GIVEN RECORDS -
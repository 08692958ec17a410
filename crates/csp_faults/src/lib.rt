//! What is to blame where a rule lacks a value.
//!
//! `culprit_in` answers what is to blame in a term for which a rule lacks a value: the smallest expression that has no
//! value though its operands have one, with their values, a value outside of the set of its field, or an internal choice
//! over an empty set. It answers nothing exactly where the rules lack nothing. What is to blame in an expression, in fields,
//! in a set of events, in a renaming and in a term's own parts is found by a call for each, over the definition of that
//! name.
#![tactic(auto)]

mod asked;
mod culprit;
mod declared;
mod events;
mod expressions;
mod fields;
mod given;
mod own;
mod parts;
mod renamings;
mod terms;
mod values;

pub use culprit::{Culprit, Owner};
pub use terms::culprit_in;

ACTION ITEM - Emit verbatim the lines running from the one with "mod expressions;" through the last line of the data, both endpoints inclusive.

YOUR RESPONSE -
mod expressions;
mod fields;
mod given;
mod own;
mod parts;
mod renamings;
mod terms;
mod values;

pub use culprit::{Culprit, Owner};
pub use terms::culprit_in;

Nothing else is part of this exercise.